■ **Problem to solve**:
Your job is to copy all the entries precisely as they stand.

■ **Collected data**:
== == ==

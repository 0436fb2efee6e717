//! Printing into one buffer of bytes: bytes as they are, numbers in digits, characters as UTF-8.
//!
//! What prints lines, pages or causes appends its pieces by these to a buffer that grows, so a text
//! costs what it writes.
#![tactic(auto)]

ghost use Rattle.std.specs.Prelude.{◌≡◌, ◌<◌, ◌+◌, ◌++◌, decimal, encode_utf8, encode_utf8_all, length, OnOk};

use itoa::Buffer;
use std::alloc::AllocError;

/// Appends bytes.
pub fn push_bytes(out: &mut Vec<u8>, bytes: &[u8]) -> Result<(), AllocError>
    ensures { OnOk result (out.new.items ≡ out.old.items ++ bytes.now) }
{
    out.extend_from_slice(bytes)
}

/// Appends a number in decimal digits.
pub fn push_number(out: &mut Vec<u8>, number: usize) -> Result<(), AllocError>
    ensures { OnOk result (out.new.items ≡ out.old.items ++ decimal number) }
{
    if number < 100 {
        push_short(out, number)
    } else {
        push_long(out, number)
    }
}

/// Appends a number of one digit or two.
fn push_short(out: &mut Vec<u8>, number: usize) -> Result<(), AllocError>
    requires { number < 100 }
    ensures { OnOk result (out.new.items ≡ out.old.items ++ decimal number) }
{
    let last = b'0' + (number % 10) as u8;
    if number < 10 {
        return out.extend_from_slice(&[last]);
    }
    out.extend_from_slice(&[b'0' + (number / 10) as u8, last])
}

/// Appends any number.
#[inline(never)]
fn push_long(out: &mut Vec<u8>, number: usize) -> Result<(), AllocError>
    ensures { OnOk result (out.new.items ≡ out.old.items ++ decimal number) }
{
    out.extend_from_slice(Buffer::new().format(number).as_bytes())
}

/// Appends the number, counted from 1, of what has this number counted from 0. The greatest `usize`
/// has one too.
pub fn push_number_from_one(out: &mut Vec<u8>, number: usize) -> Result<(), AllocError>
    ensures { OnOk result (out.new.items ≡ out.old.items ++ decimal (number + 1)) }
{
    out.extend_from_slice(Buffer::new().format(number as u128 + 1).as_bytes())
}

/// How many digits a number has.
pub fn width_of(number: usize) -> usize
    ensures { result ≡ length (decimal number) }
{
    Buffer::new().format(number).len()
}

/// Appends characters as UTF-8.
pub fn push_chars(out: &mut Vec<u8>, characters: &[char]) -> Result<(), AllocError>
    ensures { OnOk result (out.new.items ≡ out.old.items ++ encode_utf8_all characters.now) }
{
    for c in characters {
        push_char(out, *c)?;
    }
    Ok(())
}

/// Appends a character as UTF-8.
pub fn push_char(out: &mut Vec<u8>, c: char) -> Result<(), AllocError>
    ensures { OnOk result (out.new.items ≡ out.old.items ++ encode_utf8 c) }
{
    out.extend_from_slice(c.encode_utf8(&mut [0; 4]).as_bytes())
}
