// What each op uses.
#![tactic(auto)]

ghost use Rattle.std.specs.Prelude.{◌≡◌, Some};
ghost use Rattle.frame.specs.Ops.{uses_of};

use frame::Bodies::{All, Main, MainAndThreads, Threads};
use frame::Use::{Cell, Event, Length, Number, Region, Target, Thread, Unused, Update};
use frame::{Bodies, Use, Uses};

fn used(d: Use, a: Use, b: Use, imm: Use, bodies: Bodies) -> Option<Uses>
    ensures { result ≡ Some (record { d = d; a = a; b = b; imm = imm; bodies = bodies }) }
{
    Some(Uses {
        d,
        a,
        b,
        imm,
        bodies,
    })
}

// What an op uses: the one decision over the op numbers. They stay the file's bytes: an enum of ops would need a second decision over the same numbers.
#[tactic(auto, unfolding(frame::specs::Ops::uses_of))]
pub fn uses_of(op: u8) -> Option<Uses>
    ensures { result ≡ uses_of op }
{
    match op {
        0x01 => used(Cell, Unused, Unused, Number, All),
        0x02 | 0x22 | 0x2e => used(Cell, Cell, Unused, Unused, All),
        0x03 => used(Cell, Unused, Unused, Unused, All),
        0x10..=0x14 | 0x18..=0x1c | 0x20..=0x21 | 0x28..=0x2d => {
            used(Cell, Cell, Cell, Unused, All)
        }
        0x30..=0x31 => used(Cell, Cell, Length, Region, All),
        0x40 => used(Unused, Unused, Unused, Target, All),
        0x41 => used(Unused, Cell, Unused, Target, All),
        0x50..=0x51 => used(Unused, Cell, Unused, Unused, All),
        0x60 => used(Event, Unused, Unused, Unused, Threads),
        0x61 => used(Unused, Cell, Unused, Unused, Threads),
        0x62 => used(Event, Unused, Unused, Unused, MainAndThreads),
        0x63 => used(Event, Cell, Unused, Unused, All),
        0x64 => used(Update, Unused, Unused, Unused, MainAndThreads),
        0x65..=0x66 => used(Thread, Unused, Unused, Unused, MainAndThreads),
        0x67 => used(Unused, Unused, Unused, Number, Main),
        0x68 => used(Unused, Unused, Unused, Unused, Main),
        _ => None,
    }
}
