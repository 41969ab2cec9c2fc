// The definition of a run, and what is shown of it; no code.
#![tactic(auto)]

== == ==

■ **Task answer**:
repository 0436fb2efee6e717
//! Printing into one buffer of bytes: bytes as they are, numbers in digits, characters as UTF-8.
//!
//! What prints lines, pages or causes appends its pieces by these to a buffer that grows, so a text
//! costs what it writes.
#![tactic(auto)]

ghost use Rattle.std.specs.Prelude.{◌≡◌, ◌<◌, ◌+◌, ◌++◌, decimal, encode_utf8, encode_utf8_all, length, OnOk};

use itoa::Buffer;
use std::alloc::AllocError;

/// Appends bytes.
pub fn push_bytes(out: &mut Vec<u8>, bytes: &[u8]) -> Result<(), AllocError>
    ensures { OnOk result (out.new.items ≡ out.old.items ++ bytes.now) }
{
    out.extend_from_slice(bytes)
}

/// Appends a number in decimal digits.
pub fn push_number(out: &mut Vec<u8>, number: usize) -> Result<(), AllocError>
    ensures { OnOk result (out.new.items ≡ out.old.items ++ decimal number) }
{
    if number < 100 {
        push_short(out, number)
    } else {
        push_long(out, number)
    }
}

/// Appends a number of one digit or two.
fn push_short(out: &mut Vec<u8>, number: usize) -> Result<(), AllocError>
    requires { number < 100 }
    ensures { OnOk result (out.new.items ≡ out.old.items ++ decimal number) }
{
    let last = b'0' + (number % 10) as u8;
    if number < 10 {
        return out.extend_from_slice(&[last]);
    }
    out.extend_from_slice(&[b'0' + (number / 10) as u8, last])
}

/// Appends any number.
#[inline(never)]
fn push_long(out: &mut Vec<u8>, number: usize) -> Result<(), AllocError>
    ensures { OnOk result (out.new.items ≡ out.old.items ++ decimal number) }
{
    out.extend_from_slice(Buffer::new().format(number).as_bytes())
}

/// Appends the number, counted from 1, of what has this number counted from 0. The greatest `usize`
/// has one too.
pub fn push_number_from_one(out: &mut Vec<u8>, number: usize) -> Result<(), AllocError>
    ensures { OnOk result (out.new.items ≡ out.old.items ++ decimal (number + 1)) }
{
    out.extend_from_slice(Buffer::new().format(number as u128 + 1).as_bytes())
}

/// How many digits a number has.
pub fn width_of(number: usize) -> usize
    ensures { result ≡ length (decimal number) }
{
    Buffer::new().format(number).len()
}

/// Appends characters as UTF-8.
pub fn push_chars(out: &mut Vec<u8>, characters: &[char]) -> Result<(), AllocError>
    ensures { OnOk result (out.new.items ≡ out.old.items ++ encode_utf8_all characters.now) }
{
    for c in characters {
        push_char(out, *c)?;
    }
    Ok(())
}

/// Appends a character as UTF-8.
pub fn push_char(out: &mut Vec<u8>, c: char) -> Result<(), AllocError>
    ensures { OnOk result (out.new.items ≡ out.old.items ++ encode_utf8 c) }
{
    out.extend_from_slice(c.encode_utf8(&mut [0; 4]).as_bytes())
}
// What each op uses.
#![tactic(auto)]

ghost use Rattle.std.specs.Prelude.{◌≡◌, Some};
ghost use Rattle.frame.specs.Ops.{uses_of};

use frame::Bodies::{All, Main, MainAndThreads, Threads};
use frame::Use::{Cell, Event, Length, Number, Region, Target, Thread, Unused, Update};
use frame::{Bodies, Use, Uses};

fn used(d: Use, a: Use, b: Use, imm: Use, bodies: Bodies) -> Option<Uses>
    ensures { result ≡ Some (record { d = d; a = a; b = b; imm = imm; bodies = bodies }) }
{
    Some(Uses {
        d,
        a,
        b,
        imm,
        bodies,
    })
}

// What an op uses: the one decision over the op numbers. They stay the file's bytes: an enum of ops would need a second decision over the same numbers.
#[tactic(auto, unfolding(frame::specs::Ops::uses_of))]
pub fn uses_of(op: u8) -> Option<Uses>
    ensures { result ≡ uses_of op }
{
    match op {
        0x01 => used(Cell, Unused, Unused, Number, All),
        0x02 | 0x22 | 0x2e => used(Cell, Cell, Unused, Unused, All),
        0x03 => used(Cell, Unused, Unused, Unused, All),
        0x10..=0x14 | 0x18..=0x1c | 0x20..=0x21 | 0x28..=0x2d => {
            used(Cell, Cell, Cell, Unused, All)
        }
        0x30..=0x31 => used(Cell, Cell, Length, Region, All),
        0x40 => used(Unused, Unused, Unused, Target, All),
        0x41 => used(Unused, Cell, Unused, Target, All),
        0x50..=0x51 => used(Unused, Cell, Unused, Unused, All),
        0x60 => used(Event, Unused, Unused, Unused, Threads),
        0x61 => used(Unused, Cell, Unused, Unused, Threads),
        0x62 => used(Event, Unused, Unused, Unused, MainAndThreads),
        0x63 => used(Event, Cell, Unused, Unused, All),
        0x64 => used(Update, Unused, Unused, Unused, MainAndThreads),
        0x65..=0x66 => used(Thread, Unused, Unused, Unused, MainAndThreads),
        0x67 => used(Unused, Unused, Unused, Number, Main),
        0x68 => used(Unused, Unused, Unused, Unused, Main),
        _ => None,
    }
}
repository 41969ab2cec9c2fc
// The definition of a run, and what is shown of it; no code.
#![tactic(auto)]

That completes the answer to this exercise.